It’s likely there will always be women who worry about the cost of their human labor, while others, the comfort of their evening gowns. This dichotomy can be explored in Jean Kwok’s new “Girl in Translation” novel and in the “American in High Style” exhibit on display at the Brooklyn Museum until August 1. For those with any interest in fashion, literature, or history, this is a doubly enjoyable summer experience not to be missed.
GIRL IN TRANSLATION, By Jean Kwok, 292 pages. Riverhead Books. $25.95.
Kimberly Chang finds an envelope covered in dust. She breaks open the seal and touches the torn bits of a photograph inside. She finds the tip of an ear, part of the jaw, and fits all the pieces back together like in a puzzle to reveal a portrait of herself as an eleven-year-old student. Young Kimberly had her hair cut short and unevenly by her mother, parted far to the right, and combed over her forehead like a boy’s hairstyle. The word PROOF covers much of her face and the top of her blue polyester shirt. Kimberly’s mother couldn’t pay for the school portrait, so they just kept the sample that was mailed home. During this moment of self-reflection, the photo helps adult Kimberly recognize the look of hope and ambition that pulled her forward through most of her life.
Kimberly is the main character of Jean Kwok’s first novel, “Girl in Translation,” which tells the coming-of-age story of a girl who emigrates with her mother from Hong Kong to New York during the early 1980s. Although they dream of a better life, Kimberly and her mother soon find themselves living in an unheated ramshackle apartment in Brooklyn, doing piecework in a Chinatown factory to repay family debts and living expenses. Ms. Kwok provides an insightful look of the city, based on her own immigrant experiences, which will inspire you to recall a time when New York was the manufacturing center of the American textile industry.
Brooklyn Museum’s “American High Style” Exhibit
While “Girl in Translation” is an earnest account of the hardships that many textile workers have endured to move clothes from the designer’s studio to the store, the Brooklyn Museum’s “American High Style” exhibit focuses on the unattainable fashion trends of high society, which have transformed opulent evening gowns with cascading skirts into artistic masterpieces. The exhibit is an overview of the museum’s vast costume collection, which was transferred to the Metropolitan Museum of Art in 2009, and includes 25,000 clothing items spanning the 18th to the 20th centuries. This exquisite exhibit of dresses, jackets, hats, shoes and jewelry includes the masterworks of Charles James, Norman Norell, and Elsa Schiaparelli, among other genius designers who have influenced and defined American fashion.

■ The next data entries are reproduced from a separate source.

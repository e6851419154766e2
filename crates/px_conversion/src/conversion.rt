//! What planning keeps beside the nodes.
ghost use Rattle.std.specs.Prelude.{◌≡◌, false, option_map};
ghost use Rattle.px_tree.specs.View.{tree};
ghost use Rattle.px_conversion.specs.Depth.{depth_limit_of, written_depth_limit};
ghost use Rattle.px_conversion.specs.Noted.{noted};

use crate::depth::is_too_deep;
use px_column::{ComputeWhy, Px, PxError};
use px_tree::{Expr, has_window};
use std::default::Default;

/// What is noted while expressions are planned (polars `ExpressionConversionState`).
#[derive(Clone, Copy, Debug, PartialEq, Eq)]
pub struct ExpressionConversionState {
    /// A window stands in an expression that was planned.
    pub has_windows: bool,
    /// An expression that was planned is as deep as the limit.
    pub too_deep: bool,
    depth_limit: u16,
}

impl ExpressionConversionState {
    /// Nothing is noted yet. An expression is too deep where a path to a leaf has at least so many
    /// nodes; 0 is no limit.
    pub fn new(depth_limit: u16) -> ExpressionConversionState
        ensures windows { result.has_windows ≡ false }
        ensures deep { result.too_deep ≡ false }
        ensures limit { result.depth_limit ≡ depth_limit }
    {
        ExpressionConversionState {
            has_windows: false,
            too_deep: false,
            depth_limit,
        }
    }

    /// What is noted once this expression is planned too.
    pub fn noting(self, expr: &Expr) -> ExpressionConversionState
        ensures { result ≡ noted (tree expr.now) self }
    {
        ExpressionConversionState {
            has_windows: self.has_windows || has_window(expr),
            too_deep: self.too_deep || is_too_deep(expr, self.depth_limit),
            depth_limit: self.depth_limit,
        }
    }
}

/// What is noted while one expression is planned (polars `LocalConversionState`).
#[derive(Clone, Copy, Debug, PartialEq, Eq)]
pub struct LocalConversionState {
    /// An Implode stands in it.
    pub has_implode: bool,
    /// A window stands in it.
    pub has_window: bool,
    /// A literal stands in it.
    pub has_lit: bool,
    /// How many nodes a path to a leaf may have.
    pub depth_limit: u16,
}

impl Default for LocalConversionState {
    ghost is_default = { λ s. s ≡ record { has_implode = false; has_window = false; has_lit = false; depth_limit = 500 } };

    fn default() -> LocalConversionState {
        LocalConversionState {
            has_implode: false,
            has_window: false,
            has_lit: false,
            depth_limit: 500,
        }
    }
}

/// The depth limit that a text sets: 512 without a text, and else the number that it writes in
/// decimal digits, behind a plus or not. A number above 65535 is no limit, which 0 tells. Any other
/// text, also a number of 2^64 or more, is refused with `DepthText` (polars `get_expr_depth_limit`).
pub fn get_expr_depth_limit(text: Option<&str>) -> Px<u16>
    ensures { result ≡ depth_limit_of (option_map (λ s. s.now) text.entry) }
{
    match text {
        None => Ok(512),
        Some(text) => written_depth_limit(text),
    }
}

fn written_depth_limit(text: &str) -> Px<u16>
    ensures { result ≡ written_depth_limit text.now }
{
    match text.parse::<u64>() {
        Ok(number) => Ok(u16::try_from(number).unwrap_or(0)),
        Err(_) => Err(PxError::ComputeError(ComputeWhy::DepthText)),
    }
}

Real women often lack the budgets and the bodies for the lavish garments that you will find on display, but “American High Style” reflects larger historical trends in taste and wealth, as well as the technological innovations and imaginative designs that have trickled down to less expensive utilitarian outfits. From Charles Fredrick Worth, who established the blueprint for French couture houses in the 20th century, to Carolyn Schurer’s purple plain weave cotton bathing suit, the exhibit is a chronicle of shifting lifestyles and feminine ideals.
If the silvery satin curves of Charles James’ “Butterfly” dress inspire you to re-imagine the female figure as a work of art, then Jean Kwok’s novel will compel you to calculate the cost of human labor that is required to mass produce such dresses. Kimberly explains in the novel how she calculated whether or not something was expensive by the number of skirts that she had assisted in making at the factory. At a rate of 1.5 cents per skirt, the subway fare to the factory and back cost her 100 skirts, a hot dog equaled the price of 50 skirts, and a new toy could range from 300 to 2,000 skirts.